Based on this definition, it makes sense to say that a morphism between monoids $(\mathcal M,a)\to(\mathcal N,b)$ is a functor $f:\mathcal M\to\mathcal N$ such that $f\circ a\simeq b$, and that a 2-morphism $f\to g$ is given by a natural transformation $\alpha:f\to g$ such that $(\alpha\circ f)_\bullet = g(\mathrm{id}_\bullet)$ (where $\bullet$ is the object of $1$). Of course there is in fact only one such natural transformation, so this version of $\mathbf{Mon}$ is indeed a $1$-category.

The sort of definition we gave above is actually quite common in mathematics. Two similar definitions arise from the usual adjunction between $\mathbf{Set}$ and $\mathbf{Vect}$. A basis $S$ of a vector space $V$ is precisely a function $f:S\to UV$ that the corresponding function $FS\to V$ is an isomorphism. Dually a vector space structure $V$ on a set $S$ is a function $FS\to V$ such that the corresponding function $S\to UV$ is a bijection.

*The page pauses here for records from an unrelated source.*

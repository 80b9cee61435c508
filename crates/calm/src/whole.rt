// The whole walk: from the root, and then whether an occupied slot was left out.
// Kept: the four columns are four parameters (why: columns/src/lib.rt).
ghost use Rattle.std.specs.Prelude.{◌≡◌, false, [], ℕ, get_or, replicate};
ghost use Rattle.rules.specs.Tree.{tile};
ghost use Rattle.columns.specs.Columns.{nodes_from, Slim};
ghost use Rattle.calm.specs.Calm.{look, calm, calm_end};

use crate::nodes;
use noting::sweep;

// Whether repair would note nothing of the slots that columns show.
pub fn calm_columns(
    root: u64,
    heads: &[[u64; 8]; 64],
    ids: &[[u64; 16]; 64],
    shares: &[[f64; 16]; 64],
    minima: &[[f64; 16]; 64],
) -> bool
    requires { (i : ℕ) → Slim (get_or heads.now i []) }
    ensures { result ≡ calm_end (nodes_from heads.now ids.now shares.now minima.now) (calm 64 (nodes_from heads.now ids.now shares.now minima.now) (tile root) (look (replicate 64 false) [])) }
{
    let mut claimed = [false; 64];
    let mut seen = [0u64; 1024];
    let walked = nodes::calm_node(
        heads,
        ids,
        shares,
        minima,
        &mut claimed,
        &mut seen,
        0,
        root,
        64,
    );
    walked.is_ok() && sweep::none_lost(heads, &claimed)
}
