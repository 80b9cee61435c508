// A pane tile and a group, read only.
ghost use Rattle.std.specs.Prelude.{◌∷◌, [], ◌+◌, ◌≤◌, ◌<◌, take, get_or};
ghost use Rattle.calm.specs.Reads.{Sights, Groups};

use sifting::panes;

// A pane, at its first sight.
pub fn calm_pane(seen: &mut [u64; 1024], n: usize, pane: u64) -> Result<usize, usize>
    requires { n < 1024 }
    ensures { Sights (pane ∷ []) seen.old n seen.new result }
{
    if panes::saw(seen, n, pane) {
        return Err(n);
    }
    let m = panes::see(seen, n, pane);
    Ok(m)
}

// A group's panes, each at its first sight.
pub fn calm_panes(
    seen: &mut [u64; 1024],
    n: usize,
    row: &[u64; 16],
    count: usize,
) -> Result<usize, usize>
    requires few { count ≤ 16 }
    requires room { n + 16 ≤ 1024 }
    ensures { Sights (take count row.now) seen.old n seen.new result }
{
    let mut m = n;
    for j in 0..count {
        m = calm_pane(seen, m, row[j])?;
    }
    Ok(m)
}

// A group whose head and panes these are: its active index is in range, and each pane is new.
pub fn calm_group(
    seen: &mut [u64; 1024],
    n: usize,
    h: [u64; 8],
    row: &[u64; 16],
) -> Result<usize, usize>
    requires few { get_or h 4 0 ≤ 16 }
    requires room { n + 16 ≤ 1024 }
    ensures { Groups h row.now seen.old n seen.new result }
{
    if h[4] <= h[3] {
        return Err(n);
    }
    calm_panes(seen, n, row, h[4] as usize)
}
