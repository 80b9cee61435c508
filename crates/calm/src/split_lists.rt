// A split's lists, read where they stand: whether repair would leave them as they are, by a test of each entry alone.
ghost use Rattle.std.specs.Prelude.{◌≡◌, [], ◌≤◌, ◌<◌, take, get_or};
ghost use Rattle.rules.specs.Numbers.{zero-f};
ghost use Rattle.rules.specs.Shares.{repaired_shares, eq_reals};
ghost use Rattle.rules.specs.Minima.{aligned_constraints, compact_constraints};
ghost use Rattle.columns.specs.Columns.{Slim};
ghost use Rattle.calm.specs.Reads.{lists_calm};

use loops::tests;

// Whether repaired_shares leaves n shares of as many children as count: one for each child, and each is good.
fn shares_calm(row: &[f64; 16], n: usize, count: usize) -> bool
    requires { n ≤ 16 }
    ensures { result ≡ eq_reals (repaired_shares count (take n row.now)) (take n row.now) }
{
    if n != count {
        return false;
    }
    tests::shares_ok(row, n)
}

// Whether aligned_constraints and compact_constraints leave n minima: no more than the children, each is good, and the last is not
// zero, which would be cut.
fn minima_calm(row: &[f64; 16], n: usize, count: usize) -> bool
    requires { n ≤ 16 }
    ensures { result ≡ eq_reals (compact_constraints (aligned_constraints count (take n row.now))) (take n row.now) }
{
    if n == 0 {
        return true;
    }
    if count < n {
        return false;
    }
    if row[n - 1] == 0.0 {
        return false;
    }
    tests::minima_ok(row, n)
}

// Whether a split's lists need no mending, and it has two children or more.
pub fn lists_calm(
    heads: &[[u64; 8]; 64],
    shares: &[[f64; 16]; 64],
    minima: &[[f64; 16]; 64],
    i: usize,
) -> bool
    requires inside { i < 64 }
    requires slim { Slim (get_or heads.now i []) }
    ensures { result ≡ lists_calm (get_or (get_or heads.now i []) 4 0) (take (get_or (get_or heads.now i []) 5 0) (get_or shares.now i [])) (take (get_or (get_or heads.now i []) 6 0) (get_or minima.now i [])) }
{
    let count = heads[i][4] as usize;
    if count < 2 {
        return false;
    }
    let n = heads[i][5] as usize;
    if !shares_calm(&shares[i], n, count) {
        return false;
    }
    let least = heads[i][6] as usize;
    minima_calm(&minima[i], least, count)
}

// The minimum at a place, zero past the first n.
pub fn minimum_at(row: &[f64; 16], n: usize, j: usize) -> f64
    requires { n ≤ 16 }
    ensures { result ≡ get_or (take n row.now) j zero-f }
{
    if n <= j {
        return 0.0;
    }
    row[j]
}
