// Soundness by a walk that only reads: repair's walk (normalize_node and normalize_split, tree.rs) up to the first thing that it would note. Nothing is
// written but which slots are claimed and which panes were seen, so the columns are read where they stand.
// Each step answers how many panes were seen: Ok where the walk goes on, and Err where repair would note something.
#![tactic(auto)]

pub mod leaves;
pub mod nodes;
pub mod split_lists;
pub mod whole;
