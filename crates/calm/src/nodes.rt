// A tile and a split, read only: a tile's reading calls a split's, which calls back. Depth falls from tile to tile.
// Kept: the four columns are four parameters (why: columns/src/lib.rt).
ghost use Rattle.std.specs.Prelude.{◌≡◌, List, map, [], ℕ, ◌+◌, ◌*◌, ◌≤◌, ◌<◌, Float, length, take, get_or};
ghost use Rattle.rules.specs.Tree.{tile, node_at};
ghost use Rattle.rules.specs.Repair.{melts};
ghost use Rattle.forest.specs.Lists.{free};
ghost use Rattle.columns.specs.Columns.{axis_from, nodes_from, Slim};
ghost use Rattle.calm.specs.Calm.{look, calm, calm_split};
ghost use Rattle.calm.specs.Reads.{Reads};

use crate::{leaves, split_lists};
use melting::rows;

// Whether repair would melt a child in, as it stands.
fn melts_in(heads: &[[u64; 8]; 64], child: u64, mode: u64, minimum: f64) -> bool
    ensures { (xs : List (List ℕ)) (ss ms : List (List Float)) → length xs ≡ 64 → length ss ≡ 64 → length ms ≡ 64 → result ≡ melts (axis_from mode) minimum (node_at (nodes_from heads.now xs ss ms) (tile child)) }
{
    if 64 <= child {
        return false;
    }
    let i = child as usize;
    let h = heads[i];
    rows::is_meltable(h, mode, minimum)
}

// normalize_node, read only
#[cycle(calm_node_calm_split)]
pub fn calm_node(
    heads: &[[u64; 8]; 64],
    ids: &[[u64; 16]; 64],
    shares: &[[f64; 16]; 64],
    minima: &[[f64; 16]; 64],
    claimed: &mut [bool; 64],
    seen: &mut [u64; 1024],
    n: usize,
    id: u64,
    depth: u64,
) -> Result<usize, usize>
    requires slim { (i : ℕ) → Slim (get_or heads.now i []) }
    requires room { n + 16 * free claimed.old ≤ 1024 }
    ensures { Reads (calm depth (nodes_from heads.now ids.now shares.now minima.now) (tile id) (look claimed.old (take n seen.old))) claimed.old n claimed.new seen.new result }
{
    if depth == 0 {
        return Err(n);
    }
    if 64 <= id {
        return Err(n);
    }
    let i = id as usize;
    if claimed[i] {
        return Err(n);
    }
    let h = heads[i];
    let kind = h[0];
    if kind == 0 {
        return Err(n);
    }
    claimed[i] = true;
    if kind == 1 {
        return leaves::calm_pane(seen, n, h[2]);
    }
    if kind == 2 {
        return leaves::calm_group(seen, n, h, &ids[i]);
    }
    calm_split(
        heads,
        ids,
        shares,
        minima,
        claimed,
        seen,
        n,
        id,
        &ids[i],
        depth - 1,
    )
}

// normalize_split, read only, of a split whose slot is claimed
#[cycle(calm_node_calm_split)]
fn calm_split(
    heads: &[[u64; 8]; 64],
    ids: &[[u64; 16]; 64],
    shares: &[[f64; 16]; 64],
    minima: &[[f64; 16]; 64],
    claimed: &mut [bool; 64],
    seen: &mut [u64; 1024],
    n: usize,
    id: u64,
    kids: &[u64; 16],
    depth: u64,
) -> Result<usize, usize>
    requires slim { (i : ℕ) → Slim (get_or heads.now i []) }
    requires room { n + 16 * free claimed.old ≤ 1024 }
    requires inside { id < 64 }
    ensures { Reads (calm_split (calm depth (nodes_from heads.now ids.now shares.now minima.now)) (nodes_from heads.now ids.now shares.now minima.now) (axis_from (get_or (get_or heads.now id []) 1 0)) (map tile (take (get_or (get_or heads.now id []) 4 0) kids.now)) (take (get_or (get_or heads.now id []) 5 0) (get_or shares.now id [])) (take (get_or (get_or heads.now id []) 6 0) (get_or minima.now id [])) (look claimed.old (take n seen.old))) claimed.old n claimed.new seen.new result }
{
    let i = id as usize;
    if !split_lists::lists_calm(heads, shares, minima, i) {
        return Err(n);
    }
    let mode = heads[i][1];
    let count = heads[i][4] as usize;
    let least = heads[i][6] as usize;
    let mut m = n;
    for j in 0..count {
        let child = kids[j];
        m = calm_node(heads, ids, shares, minima, claimed, seen, m, child, depth)?;
        let minimum = split_lists::minimum_at(&minima[i], least, j);
        if melts_in(heads, child, mode, minimum) {
            return Err(m);
        }
    }
    Ok(m)
}
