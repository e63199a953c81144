//! What a host talks with.

use cbm_iec::{Change, Event};

/// A bus under a host that changes its lines one at a time.
pub trait Plays {
    ghost use Rattle.std.specs.Prelude.{◌≡◌, ◌+◌, ◌-◌, ◌^◌, ◌<◌, ◌≤◌, ◌∷◌, ◌++◌, [], ℕ, List, Option, Some, None, IfSome, IsSome, MatchOption};
    ghost use Rattle.cbm_iec.specs.declared.event.Event.{Event};
    ghost use Rattle.cbm_iec.specs.declared.lines.Change.{Change};
    ghost use Rattle.bus_replies.specs.Plays.{IsOfDrive, IsTurnOfReply, IsFromHost};

    /// What the bus may have stood for before the first event.
    ghost Start: { Type 0 };
    /// From this start these events were given, and the bus stands so.
    ghost gave: { Self → Start → List Event → Type 0 };
    /// The change of the host that waits for its turn.
    ghost waiting: { Self → Option Change };
    /// The first moment at which the host may change a line, in microseconds.
    ghost from: { Self → ℕ };
    /// How many changes of the drives may come before a limit at most, if the host changes nothing more.
    ghost most: { ℕ → Self → ℕ };
    /// When the next reaction is due, in microseconds, if the host changes nothing more; None if no drive's is.
    ghost due: { Self → Option ℕ → Type 0 };

    /// Takes the host's next change; `next` gives it in its turn.
    fn offer(&mut self, change: Change)
        requires none { waiting self.old ≡ None }
        requires from { from self.old ≤ change.moment }
        requires moment { change.moment < 2 ^ 59 }
        ensures waiting { waiting self.new ≡ Some change }
        ensures gave { (s : Start) (es : List Event) → gave self.old s es → gave self.new s es };

    /// The next event at a moment or before it: the reactions before the change that waits, and that change.
    fn next(&mut self, upto: u64) -> Option<Event>
        requires { upto < 2 ^ 59 - 1 }
        ensures given { (s : Start) (es : List Event) → gave self.old s es →
            MatchOption result (gave self.new s es) (λ e. gave self.new s (es ++ e ∷ [])) }
        ensures turn { IfSome result (λ e. IsTurnOfReply e.who e.change (waiting self.old) (waiting self.new)) }
        ensures comes { IfSome (waiting self.old) (λ c. c.moment ≤ upto → IsSome result) }
        ensures from { IfSome result (λ e. IsFromHost e.who e.change.moment (from self.new)) }
        ensures fewer { IfSome result (λ e. IsOfDrive e.who → (limit : ℕ) → upto < limit →
            most limit self.new < most limit self.old) };

    /// The next event at a moment or before it, if no change waits; None if nothing is left to come up to it.
    fn finish(&mut self, upto: u64) -> Option<Event>
        requires none { waiting self.old ≡ None }
        requires from { from self.old ≤ upto + 1 }
        requires upto { upto < 2 ^ 59 - 1 }
        ensures given { (s : Start) (es : List Event) → gave self.old s es →
            MatchOption result (gave self.new s es) (λ e. gave self.new s (es ++ e ∷ [])) }
        ensures drive { IfSome result (λ e. IsOfDrive e.who) }
        ensures waiting { waiting self.new ≡ None }
        ensures from { from self.new ≤ upto + 1 }
        ensures fewer { IfSome result (λ e. (limit : ℕ) → upto < limit → most limit self.new < most limit self.old) };

    /// When the next reaction is due, in microseconds, if one is.
    fn next_due(&self) -> Option<u64>
        ensures { due self.now result };
}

By analogy, we could say that a monoid is not a "category with one object" but rather a "category structure on the set with one element". This gives some intuition for why monoids only form a $1$-category. Categories naturally form $2$-categories, but structures based on sets are only sophisticated enough to form $1$-categories.

In fact, I believe that if we allow any set $S$ in place of $1$ in the above definition of a monoid then we get a definition of the $1$-category of categories. So we could also define monoids by first passing to this $1$-category, and then looking at the "categories with one object" within it.